Try this and see if it works:

1. Make a disk image using Disc Copy.

2. Set the image size to the 650MB or whatever the size of your CDR's are (mine are 670MB).

3. Burn the disc image (Your_CD_Name_Here.dmg) to the CD.

4. This should work in either Mac OS 9 and OS X.

Just so you know, Mac OS X by default follows the UNIX convention of not showing invisible files in the file browser, the Finder in our case.  There are a series of commands that can be entered into the Terminal that will show all invisible files in the Finder.  I've tried this, it's not convenient because these invisibles show up all over the desktop too.  To get EASY access to the invisible files in Mac OS X, you can download two FREE programs that can do this:  muCommander (http://www.mucommander.com/), an open source Norton Navigator-like file browser written in Java (Yes, from the PC era about 10 years ago), or RBrowser (http://www.rbrowser.com/DownLoad.html), an FTP client that serves as a very good file browser.  I use both programs, but mostly RBrowser because it allows me to copy and paste UNIX paths to change directories and it also has a "get info" feature similar to the Finder, but mostly resembles file browsers/managers found on some UNIX systems.

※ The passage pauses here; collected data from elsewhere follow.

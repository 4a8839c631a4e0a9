//! The laws, for expressions, for what a term reads as, and for the row of a record.
ghost use Rattle.std.specs.Prelude.{◌≡◌, ◌≢◌, ℕ, List, [], Some, true};
ghost use Rattle.pads_value.specs.Cuts.{Cut};
ghost use Rattle.pads_expr.specs.declared.expr.Expr.{Expr};
ghost use Rattle.pads_expr.specs.Value.{Pairs, value};
ghost use Rattle.pads_expr.specs.Worth.{Worth, Is, Ill};
ghost use Rattle.pads_calc.specs.declared.decl.Decl.{Decl};
ghost use Rattle.pads_calc.specs.declared.decl.Shape.{Shape};
ghost use Rattle.pads_calc.specs.declared.term.Term.{Term};
ghost use Rattle.pads_calc.specs.declared.term.Term.TheVariants.{Call};
ghost use Rattle.pads_calc.specs.Calculus.{meaning};
ghost use Rattle.pads_calc.specs.Readings.{Subject};
ghost use Rattle.pads_calc.specs.Rows.{deepest, subject_of_cut, type_of, body_reading, row_of};
ghost use Rattle.law_calculus.specs.Evaluated.{Moment, moment, Evaluates};
ghost use Rattle.law_calculus.specs.Expressions.{SortScope, sort_in};
ghost use Rattle.law_calculus.specs.Sorted.{Sorts, AreSorted, IsSorted, Sorted};
ghost use Rattle.law_calculus.specs.Sorts.{Sort, sort_at, sort_of, AreSorts, ends};
ghost use Rattle.law_calculus.specs.Values.{has_sort, worth_has, HasSorts};

/// The law of expressions, in an environment whose bindings have the sorts of their names or are
/// Missing: an expression that has a sort is never ill-sorted, and what it is worth, if anything, has
/// that sort.
pub fn sorted_expressions_keep_their_sorts()
    ensures never_ill { (declared : List Sort) (e : Expr) (scope : SortScope) (env : Pairs) (sort : Sort)
        → HasSorts declared scope env → sort_in declared e scope ≡ Some sort → value e env ≢ Ill }
    ensures worth { (declared : List Sort) (e : Expr) (scope : SortScope) (env : Pairs) (sort : Sort) (worth : Worth)
        → HasSorts declared scope env → sort_in declared e scope ≡ Some sort → value e env ≡ Is worth
        → worth_has declared worth sort ≡ true }
{}

/// The law of values, in declarations whose values have these sorts: what a term reads as, in each
/// environment, at each place and with calls nested as deep as one likes, has the term's sort or is
/// Missing, and so is the value of a record's row, which has the sort of the record's type.
pub fn readings_have_their_sorts()
    ensures reading { (subject : Subject) (decls : List Decl) (declared : List Sort) (depth : ℕ) (t : Term) (env : Pairs) (i : ℕ)
        → AreSorts declared decls
        → has_sort declared (meaning subject decls depth t env i).value (sort_of declared t) ≡ true }
    ensures row { (decls : List Decl) (declared : List Sort) (shape : Shape) (scan number : ℕ) (cut : Cut)
        → AreSorts declared decls
        → has_sort declared (row_of decls shape scan number cut).value (sort_at declared (type_of shape number)) ≡ true }
{}

/// The law of well-sorted modules: no expression that the calculus evaluates is ill-sorted, where a
/// sorted term is read in an environment whose bindings have the sorts of their names or are Missing, and
/// where a record of a type of the module is read. That is a call of the type without arguments at the
/// record's first byte.
pub fn sorted_modules_evaluate_nothing_ill_sorted()
    ensures term { (subject : Subject) (decls : List Decl) (sorts : Sorts) (scope : SortScope) (now : Moment) (e : Expr) (env : Pairs)
        → AreSorted sorts decls → IsSorted sorts scope now.term → HasSorts sorts.declared scope now.env
        → Evaluates subject decls now e env → value e env ≢ Ill }
    ensures record_type { (subject : Subject) (decls : List Decl) (number : ℕ) (e : Expr) (env : Pairs)
        → Sorted decls → Evaluates subject decls (moment deepest (Call number []) [] 0) e env → value e env ≢ Ill }
    ensures record_reading { (decls : List Decl) (scan number : ℕ) (cut : Cut)
        → body_reading decls scan number cut ≡ meaning (subject_of_cut scan cut) decls deepest (Call number []) [] 0 }
{}

/// The law of declared sorts, whatever the declarations call: there are sorts for the values of all of them. A term
/// has but one, where that is told behind some number of calls; not so where calls alone lead back to themselves.
pub fn modules_have_sorts()
    ensures there { (decls : List Decl) → (declared : List Sort) × AreSorts declared decls }
    ensures unique { (decls : List Decl) (one other : List Sort) (depth : ℕ) (t : Term)
        → AreSorts one decls → AreSorts other decls → ends decls depth t ≡ true → sort_of one t ≡ sort_of other t }
{}
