// A departure board by an index: the departures from each call at the stop are counted, then written, then put in order (specs/ByWords).
// `w` are words with a sound header, `x` the words of the look-ups, `y` those of the calls.
#![tactic(auto)]

ghost use Rattle.std.specs.Prelude.{◌≡◌, true, ◌+◌, ◌*◌, ◌≤◌, ◌<◌, length};
ghost use Rattle.base.specs.Lists.{gathered};
ghost use Rattle.timetable.specs.Layout.{most_period_days};
ghost use Rattle.table.specs.JustTable.{header_sound};
ghost use Rattle.words.specs.Words.{write};
ghost use Rattle.index.specs.Index.{stops_from, stop_section, section_end};
ghost use Rattle.index.specs.Inner.Ready.{Ready};
ghost use Rattle.sort.specs.Rows.{board_row_size, board_row_words};
ghost use Rattle.board.specs.Question.{board, boarded_by, board_into};
ghost use Rattle.board_runs.specs.Batch.{Batched, Shelved};
ghost use Rattle.stop_calls.specs.StopCalls.{entries#, On};
ghost use Rattle.boards.specs.ByWords.{steady_in, entry_departures, departures_by, board_by, Lends, Along, left_departures};
ghost use Rattle.boards.specs.ByWords.{Calm, Few, one_if, Behind, KeptFrom, Kept, Told, most};

use board::BoardAnswer;
use board_runs::Batch;
use sort::ROW_WORDS;
use stop_calls::Cursor;
use timetable::{BIT_FIELD_WORDS, BIT_FIELDS_AT, HEADER_WORDS, STOP_WORDS, STOPS_AT, USED_AT};

// The board of stop number n on day k of the period, within two minutes of the day: 29 with the words needed, and the list then stays.
// Where the list has room for as many rows as the opening lines and the calls alone allow, each course is looked at once; for a shorter list, or more calls than are kept, the
// departures are counted first.
pub fn list_board(
    w: &[u32],
    x: &[u32],
    y: &[u32],
    n: u32,
    k: u32,
    first: u32,
    last: u32,
    list: &mut [u32],
) -> BoardAnswer
    requires { Lends w.now x.now y.now × (k < most_period_days) }
    ensures answer { result ≡ boarded_by
        (board (board_by w.now x.now y.now n k first last))
        (length list.old) }
    ensures rows { list.new ≡ board_into
        (board (board_by w.now x.now y.now n k first last)) list.old }
{
    let mut kept = [0u32; KEPT_CALLS];
    list_kept(w, x, y, n, k, first, last, list, &mut kept)
}

// So many calls that may give rows are kept; a stop with more has its departures counted first.
const KEPT_CALLS: usize = 448;

// The same, with words for the calls.
fn list_kept(
    w: &[u32],
    x: &[u32],
    y: &[u32],
    n: u32,
    k: u32,
    first: u32,
    last: u32,
    list: &mut [u32],
    kept: &mut [u32],
) -> BoardAnswer
    requires { Lends w.now x.now y.now × (k < most_period_days) }
    ensures answer { result ≡ boarded_by
        (board (board_by w.now x.now y.now n k first last))
        (length list.old) }
    ensures rows { list.new ≡ board_into
        (board (board_by w.now x.now y.now n k first last)) list.old }
{
    let rows = list.len() / ROW_WORDS;
    let m = keep_calls(w, x, y, n, first, last, rows, kept);
    if kept.len() < m {
        return list_counted(w, x, y, n, k, first, last, list);
    }
    list_calls(w, x, y, n, k, first, last, list, kept, m)
}
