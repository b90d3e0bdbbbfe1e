// The index of a table, made: the words of the look-ups, then the words of the calls at each stop, and a mark whether the table's calls are steady. It is never longer
// than the table (`whole-within`, proofs/Whole).
#![tactic(auto)]

ghost use Rattle.std.specs.Prelude.{◌≡◌, cond, ◌≤◌, length};
ghost use Rattle.table.specs.JustTable.{JustTable};
ghost use Rattle.table.specs.Steady.{steady};
ghost use Rattle.words.specs.Words.{write};
ghost use Rattle.index.specs.Index.{index_size};
ghost use Rattle.whole_index.specs.Whole.{marked_calls, marked_size, whole_index_size, whole_index_of};
ghost use Rattle.whole_index.specs.Whole.{made_of, index_into};

// That an index was made, of so many words; or 21 and 29, with the words needed.
#[derive(Clone, Copy)]
pub enum Made {
    Index(usize),
    Refused { number: u32, needed: usize },
}

// Writes the index of a table to the front of the words lent: 21, 29 too few words.
pub fn make_index(w: &[u32], x: &mut [u32]) -> Made
    ensures answer { result ≡ made_of w.now (length x.old) }
    ensures words { x.new ≡ index_into w.now x.old }
{
    let Some(is_steady) = table::look_at(w) else {
        return Made::Refused {
            number: 21,
            needed: 0,
        };
    };
    make(table::used_words(w), is_steady, x)
}

// Of just a table, where it is known whether its calls are steady.
fn make(w: &[u32], is_steady: bool, x: &mut [u32]) -> Made
    requires just_table { JustTable w.now }
    requires is_steady_value { is_steady ≡ steady w.now }
    ensures answer { result ≡ made_of w.now (length x.old) }
    ensures words { x.new ≡ index_into w.now x.old }
{
    let from = index::index_size(w);
    let needed = from + marked_size(w);
    if x.len() < needed {
        return Made::Refused { number: 29, needed };
    }
    put_whole(w, is_steady, x, from, needed);
    Made::Index(needed)
}

// The words of the calls and the mark.
fn marked_size(w: &[u32]) -> usize
    requires { JustTable w.now }
    ensures { result ≡ marked_size w.now }
{
    calls::call_index_size(w) + 1
}

// Writes the index from the front on: the look-ups, and from `from` to `to` the calls and the mark.
fn put_whole(w: &[u32], is_steady: bool, x: &mut [u32], from: usize, to: usize)
    requires just_table { JustTable w.now }
    requires is_steady_value { is_steady ≡ steady w.now }
    requires from_value { (from ≡ index_size w.now) × (to ≡ whole_index_size w.now) }
    requires to_in_bounds { to ≤ length x.old }
    ensures { x.new ≡ write x.old 0 (whole_index_of w.now) }
{
    indexing::put_index(w, x);
    put_marked(w, is_steady, &mut x[from..to]);
}

// Writes the calls and the mark into words that are as many.
fn put_marked(w: &[u32], is_steady: bool, y: &mut [u32])
    requires just_table { JustTable w.now }
    requires is_steady_value { is_steady ≡ steady w.now }
    requires y_len { length y.old ≡ marked_size w.now }
    ensures { y.new ≡ marked_calls w.now }
{
    let last = y.len() - 1;
    calls::put_calls(w, &mut y[0..last]);
    y[last] = mark(is_steady);
}

// The mark of a table whose calls are steady, or of one whose calls are not.
pub fn mark(is_steady: bool) -> u32
    ensures { result ≡ cond is_steady 1 0 }
{
    if is_steady {
        return 1;
    }
    0
}
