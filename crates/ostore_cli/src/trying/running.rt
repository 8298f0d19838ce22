//! Running the clients of a job on a fresh database.

ghost use Rattle.std.specs.Prelude.{◌≡◌, ℕ, IfOk};
ghost use Rattle.std.specs.List.{AllByRecursion};
ghost use Rattle.ostore_schema_layout.specs.Lawful.{IsLawful};
ghost use Rattle.ostore_schema_layout.specs.Spells.{Spells};
ghost use Rattle.ostore_page_tags.specs.FreshPages.{fresh_list};
ghost use Rattle.ostore_graph_model.specs.declared.commands.Script.{Script};
ghost use Rattle.ostore_object_ops.specs.Suits.{IsOfInts};
ghost use Rattle.ostore_page_service.specs.Holding.{IsEmpty};
ghost use Rattle.ostore_page_service.specs.Servers.{first_of, journal_of, opened_of, side_of, Serves};
ghost use Rattle.ostore_job_text.specs.LawfulJob.{HasLawfulSettings};
ghost use Rattle.ostore_job_text.specs.RunnableJobs.{CanRun};
ghost use Rattle.ostore_turns.specs.Alone.{AreOneAfterTheOther};
ghost use Rattle.ostore_client_turns.specs.Runs.{AreBuilt};
ghost use Rattle.ostore_cli.specs.FreshRuns.{all_pages};
ghost use Rattle.ostore_cli.specs.inside.Runs.{IsFreshRun, IsRunAlone};

use ostore_address_space::Mapper;
use ostore_base::{MemDisk, OutOfMemory};
use ostore_client_core::GraphKind;
use ostore_client_turns::{Run, run_turns};
use ostore_graph_model::{fresh_pages_are_empty, graph_is_one};
use ostore_job_text::Job;
use ostore_page_service::SeqServer;
use ostore_page_tags::fresh_pages;
use ostore_redo_journal::counting::Journal;
use ostore_schema_layout::Schema;
use ostore_turns::{clients_run_alone, results_are_right};
use std::alloc::Global;

/// How many pages the database has.
const PAGES: u32 = 1024;

type Server = SeqServer<GraphKind, MemDisk>;

/// A server of fresh pages in memory, with the text of their schema. Its journal only counts.
fn fresh_server(alloc: Global, text: &[u8], schema: &Schema) -> Result<Server, OutOfMemory>
    requires { Spells text.now schema.now }
    ensures opened { IfOk result (λ server. opened_of server ≡ fresh_list text.now all_pages) }
    ensures first { IfOk result (λ server. first_of server ≡ 0) }
    ensures number { IfOk result (λ server. (journal_of server).number ≡ 0) }
    ensures empty { IfOk result (λ server. (client : ℕ) → IsEmpty (side_of server client)) }
    ensures served { IfOk result
        (λ server. (script : Script) → script.schema ≡ schema.now → Serves server script) }
{
    let _schema = schema;
    let pages = fresh_pages(alloc, text, PAGES)?;
    fresh_pages_are_empty();
    let disk = MemDisk::new(Vec::new(alloc), Vec::new(alloc));
    match SeqServer::new(alloc, pages, Journal::fresh(disk)) {
        Ok(server) => Ok(server),
        Err(_) => Err(OutOfMemory),
    }
}

/// Runs a job on a fresh server.
fn run_fresh<M: Mapper>(
    alloc: Global,
    text: &[u8],
    schema: &Schema,
    job: &Job,
    mapper: &M,
) -> Result<Run, OutOfMemory>
    requires spelled { Spells text.now schema.now }
    requires lawful { IsLawful schema.now }
    requires ints { IsOfInts schema.now }
    requires job { CanRun job.now }
    requires settings { AllByRecursion HasLawfulSettings job.now.clients }
    requires built { AreBuilt job.now }
    ensures { IfOk result (IsFreshRun text.now schema.now job.now) }
{
    let mut server = fresh_server(alloc, text, schema)?;
    run_turns(alloc, schema, job, &mut server, mapper)
}

/// Runs a job of clients that run one after the other on a fresh database with the text of its schema.
pub(crate) fn run_alone<M: Mapper>(
    alloc: Global,
    text: &[u8],
    schema: &Schema,
    job: &Job,
    mapper: &M,
) -> Result<Run, OutOfMemory>
    requires spelled { Spells text.now schema.now }
    requires ints { IsOfInts schema.now }
    requires job { CanRun job.now }
    requires alone { AreOneAfterTheOther job.now.clients job.now.turns }
    requires settings { AllByRecursion HasLawfulSettings job.now.clients }
    requires built { AreBuilt job.now }
    ensures { IfOk result (IsRunAlone schema.now job.now) }
{
    fresh_pages_are_empty();
    graph_is_one();
    results_are_right();
    clients_run_alone();
    run_fresh(alloc, text, schema, job, mapper)
}
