//! Whether transactions of a job were given up.

ghost use Rattle.std.specs.Prelude.{◌≡◌};
ghost use Rattle.std.specs.List.{list_any};
ghost use Rattle.ostore_cli.specs.FreshRuns.{any_given_up, was_given_up};

use ostore_run_report::{ClientResults, TxnResult};

/// Whether the transaction was given up.
fn is_given_up(outcome: &TxnResult) -> bool
    ensures { result ≡ was_given_up outcome.now }
{
    matches!(outcome, TxnResult::GaveUp { .. })
}

/// Whether one of a client's transactions was given up.
fn has_given_up(mine: &ClientResults) -> bool
    ensures { result ≡ list_any was_given_up mine.now }
{
    mine.items().iter().any(is_given_up)
}

/// Whether a transaction of any client was given up.
pub(crate) fn is_any_given_up(results: &[ClientResults]) -> bool
    ensures { result ≡ any_given_up results.now }
{
    results.iter().any(has_given_up)
}
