// Which reply answers what: the form, and the keys of the message's generations.

#![tactic(auto)]

ghost use Rattle.std.specs.Prelude.{◌≡◌, take};
ghost use Rattle.table.specs.Decode.{table_of};
ghost use Rattle.answers.specs.Answers.{bare_answer, full_answer, verdict_answer};

// A bare reply, with the contents of the field that it names in the first `count` characters of a message.
pub fn bare_answer(
    t: &[u8],
    o: opening::Opening,
    pte: bool,
    code: u32,
    field: u32,
    m: [u8; 161],
    count: usize,
) -> reply::Answering
    ensures { result ≡ bare_answer (table_of t.now) o pte code field (take count m) }
{
    let customer::Settings { bank, software, .. } = table::settings(t);
    reply::Answering {
        pte,
        bare: true,
        code,
        field,
        contents: message::field_contents(field, m, count),
        time: o.time,
        bank,
        software,
        message: [0; 161],
        closing: [0; 161],
        working: None,
        transport: None,
        enclosed: None,
    }
}

// A full reply, on the table as the verdict leaves it.
fn full_answer(
    t: &[u8],
    o: opening::Opening,
    pte: bool,
    out: verdict::Outcome,
    m: [u8; 161],
    closing: [u8; 161],
) -> reply::Answering
    ensures { result ≡ full_answer (table_of t.now) o pte out m closing }
{
    let customer::Settings { bank, software, .. } = table::settings(t);
    let c = checks::customer_of(t, m);
    let generation = message::working_generation(m);
    reply::Answering {
        pte,
        bare: false,
        code: out.code,
        field: out.field,
        contents: message::no_contents(),
        time: o.time,
        bank,
        software,
        message: m,
        closing,
        working: changeover::held(c.working, generation),
        transport: changeover::held(c.transport, message::transport_generation(m)),
        enclosed: out.enclosed,
    }
}

// The reply to a verdict: the bare form needs no keys.
pub fn verdict_answer(
    t: &[u8],
    o: opening::Opening,
    pte: bool,
    out: verdict::Outcome,
    m: [u8; 161],
    closing: [u8; 161],
) -> reply::Answering
    ensures { result ≡ verdict_answer (table_of t.now) o pte out m closing }
{
    if notice::is_bare(out.code) {
        let faulty = message::at_fault(out.about, m, closing);
        bare_answer(t, o, pte, out.code, out.field, faulty, 161)
    } else {
        full_answer(t, o, pte, out, m, closing)
    }
}
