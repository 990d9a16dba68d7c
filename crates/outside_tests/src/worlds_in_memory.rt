//! Worlds in memory.

use crate::confirm::confirm;
use byte_sink::write_all;
use sequence::NoMemory;
use std::alloc::Global;
use std::test::Fail;
use worlds::{MemoryWorld, SureWorld, World, WorldFault};

// How many bytes of a file are read in so many calls on pieces of 100 bytes.
fn read_bytes<W: World>(world: &mut W, name: &str, calls: usize) -> Result<usize, WorldFault> {
    world.start_read(name)?;
    let mut piece = [0; 100];
    let mut count: usize = 0;
    for _ in 0..calls {
        count = count.saturating_add(world.read(&mut piece)?);
    }
    Ok(count)
}

// Makes a file.
fn write_bytes<W: World>(world: &mut W, name: &str, bytes: &[u8]) -> Result<(), WorldFault> {
    world.start_write(name)?;
    write_all(world, bytes)?;
    world.finish()?;
    Ok(())
}

// A world with one file.
fn with_file(alloc: Global, bytes: &[u8]) -> Result<MemoryWorld, NoMemory> {
    let mut world = MemoryWorld::new(alloc);
    world.add_file("in", bytes)?;
    Ok(world)
}

// How many bytes of a file of ten are read in three calls, and then in five.
fn read_twice(alloc: Global) -> Result<[usize; 2], WorldFault> {
    let mut world = with_file(alloc, b"0123456789")?;
    world.limit_pieces(3);
    let first = read_bytes(&mut world, "in", 3)?;
    let second = read_bytes(&mut world, "in", 5)?;
    Ok([first, second])
}

#[test]
fn a_file_is_read_in_pieces(rt: HostRuntime) -> Result<(), Fail> {
    let counts = read_twice(rt.alloc())?;
    confirm(&rt, "counts", counts == [9, 10]);
    Ok(())
}

// Whether a file that was made a few bytes at a time is whole.
fn is_made(alloc: Global) -> Result<bool, WorldFault> {
    let mut world = MemoryWorld::new(alloc);
    world.limit_pieces(3);
    write_bytes(&mut world, "out", b"a long text")?;
    Ok(world.made_file("out") == Some(b"a long text".as_slice()))
}

#[test]
fn a_file_is_made_in_pieces(rt: HostRuntime) -> Result<(), Fail> {
    let is_made = is_made(rt.alloc())?;
    confirm(&rt, "whole", is_made);
    Ok(())
}

// How many bytes of a line are printed in one call, and whether they are its first.
fn print_some(alloc: Global) -> Result<(usize, bool), WorldFault> {
    let mut world = MemoryWorld::new(alloc);
    world.limit_pieces(3);
    let count = world.print(b"line")?;
    Ok((count, world.printed_bytes() == b"lin".as_slice()))
}

#[test]
fn a_piece_is_printed(rt: HostRuntime) -> Result<(), Fail> {
    let (count, first) = print_some(rt.alloc())?;
    confirm(&rt, "three bytes", count == 3);
    confirm(&rt, "the first ones", first);
    Ok(())
}

// Whether a missing file is a fault, and how many bytes the world that never fails reads of it.
fn read_missing(alloc: Global) -> Result<(bool, usize), WorldFault> {
    let mut world = with_file(alloc, b"")?;
    let is_fault = read_bytes(&mut world, "model", 1) == Err(WorldFault::Failed);
    let mut sure = SureWorld::new(alloc);
    let count = read_bytes(&mut sure, "model", 1)?;
    Ok((is_fault, count))
}

#[test]
fn a_file_that_is_missing(rt: HostRuntime) -> Result<(), Fail> {
    let (is_fault, count) = read_missing(rt.alloc())?;
    confirm(&rt, "a fault", is_fault);
    confirm(&rt, "no bytes", count == 0);
    Ok(())
}

// Whether a file is made in a world whose call of this number fails.
fn is_made_without(alloc: Global, call: u64) -> Result<bool, NoMemory> {
    let mut world = MemoryWorld::new(alloc);
    world.fail_call(call)?;
    Ok(write_bytes(&mut world, "out", b"text").is_ok())
}

#[test]
fn calls_that_are_to_fail(rt: HostRuntime) -> Result<(), Fail> {
    for call in 0..4 {
        let is_made = is_made_without(rt.alloc(), call)?;
        confirm(&rt, "made", is_made == (call == 3));
    }
    Ok(())
}

// So many bytes.
fn many_bytes(alloc: Global, count: usize) -> Result<Vec<u8>, NoMemory> {
    let mut bytes = Vec::new(alloc);
    for _ in 0..count {
        bytes.push(b'x')?;
    }
    Ok(bytes)
}

// How many bytes of a long file are read.
fn read_long(alloc: Global) -> Result<usize, WorldFault> {
    let bytes = many_bytes(alloc, 100_000)?;
    let mut world = with_file(alloc, &bytes)?;
    read_bytes(&mut world, "in", 1001)
}

// Whether a long file that was made a few bytes at a time is whole.
fn is_long_made(alloc: Global) -> Result<bool, WorldFault> {
    let bytes = many_bytes(alloc, 100_000)?;
    let mut sure = SureWorld::new(alloc);
    sure.limit_pieces(7);
    write_bytes(&mut sure, "out", &bytes)?;
    Ok(sure.made_file("out") == Some(bytes.as_slice()))
}

#[test]
fn a_long_file(rt: HostRuntime) -> Result<(), Fail> {
    let count = read_long(rt.alloc())?;
    confirm(&rt, "read", count == 100_000);
    let is_made = is_long_made(rt.alloc())?;
    confirm(&rt, "made", is_made);
    Ok(())
}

The easiest thing to do is NOT to name files beginning with a dot (.Name).


----------



## gheorghe (Oct 2, 2002)

thank you chemistry_geek,

I will use one of the programs you mentioned. I was hoping that there is a way to see all the invisible files on a CD without showing the invisible files on desktop.

Again, thanks


----------



## Rhino_G3 (Oct 2, 2002)

if you're looking to use a program to do this the best one that I've found is called Snax.  It's a finder replacement that was written from the ground up to be a coco app. It works very nice.


----------